I’d just like to add a small update I’m sorry my post disappeared I panicked it would be traced back to me so MN took it down and reinstated it into a different username for me. I panicked because weirdly enough he woke up Friday morning and decided he wasn’t going to work (he never does this) I haven’t been able to reach out to any of the lines provided as I have not had a minute away from him at all. We’re currently at my son’s football so I’m able to update without him seeing. I am praying he will go to work Monday so I can try and take some steps to getting out. Thank you everyone for you’re support a lot of you have made me realise that this actually is a lot more serious than I thought.

Sorry I've just seen this! Please make sure he's not got a tracker or has paired your phones so that he can see what you're doing. It's weird he randomly took a day off.

Theuniversalshere1 · 08/03/2025 18:29

TheFormidableMrsC · 08/03/2025 18:01

I thought this thread had been deleted? Regardless, my advice is the same.

It was for a username change

TheFormidableMrsC · 08/03/2025 18:38

@Theuniversalshere1 Yes! Thank you, I realised after I'd posted.

Laszlomydarling · 08/03/2025 19:16

Wishing you all the strength in the world to escape this vile man.

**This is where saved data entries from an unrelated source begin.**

//! What expressions read of the grid.
ghost use Rattle.std.specs.Prelude.{◌≤◌, ◌*◌};

use psac_ops::Handle;

/// How large the grid is, and the modifiable of its number of rows.
#[derive(Clone, Copy)]
pub struct Ground {
    pub opened: u32,
    pub room: u32,
    pub cols: u32,
    pub row_count: Handle,
    ghost few: { room * cols ≤ 65536 },
}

He is absolutely not a good Dad. He's a despicable one.

Be very careful with how you leave. Get assistance, don't try to leave without help as it can be dangerous. He will not be able to take away your child.

I left my abuser 8 years ago. It was hard, so so hard, but it was truly the best decision I have ever made. There is a much happier life for you amd your child after all this.

MissyPants · 08/03/2025 21:14

Hope you are ok OP. This is a safe space. Thinking of you.

Mrsgreen100 · 08/03/2025 21:25

The abuse is escalating and in my experience will only get worse. you Need to get the hell out of there call the police report him if you’re too scared to do that at least photograph your injuries keep a list of everything he does somewhere safe where he can’t find it
you only have a six month window to report domestic violence. Do something about it please please please you don’t deserve it.

Redfred00 · 08/03/2025 21:41

You are in danger. He's abusing you and that abuse is escalating. Unfortunately, strangulation is biggest predictor of homicide later on by that partner. You son loves his dad but at this rate he will not have a mum or a dad. You'll end up dead and he'll end up in prison.

You need proper advice because men like this are really dangerous when you are leaving. You need to plan and exit safely. There's a lot of support out their if you are fleaing DV. Don't worry about SS they have seen it all before. They will know he's lying.

Staying alive has to be your priority.

EG94 · 08/03/2025 21:55

Once you’ve taken all the steps and you’re out, you won’t look back. I’m just out of an abusive relationship not as physical as yours mostly mental but now I’m out and he is gone I don’t know why I didn’t do it sooner. Abusers have good days and bad and you live for the good ones. I’d say it’s one of the hardest things I’ve ever done. Can’t recommend therapy highly enough. Been so useful to digest everything that happened, why and how and to start to value myself and love myself again. This is the start of a very long road, it won’t be easy but nothing good comes easy x

my inbox is always open if you want a private chat xx

ZZGirl · 08/03/2025 22:04

Reading your OP made me teary... please get to safety. I'm sure everyone here has given you the best advice possible so I won't repeat but you deserve more.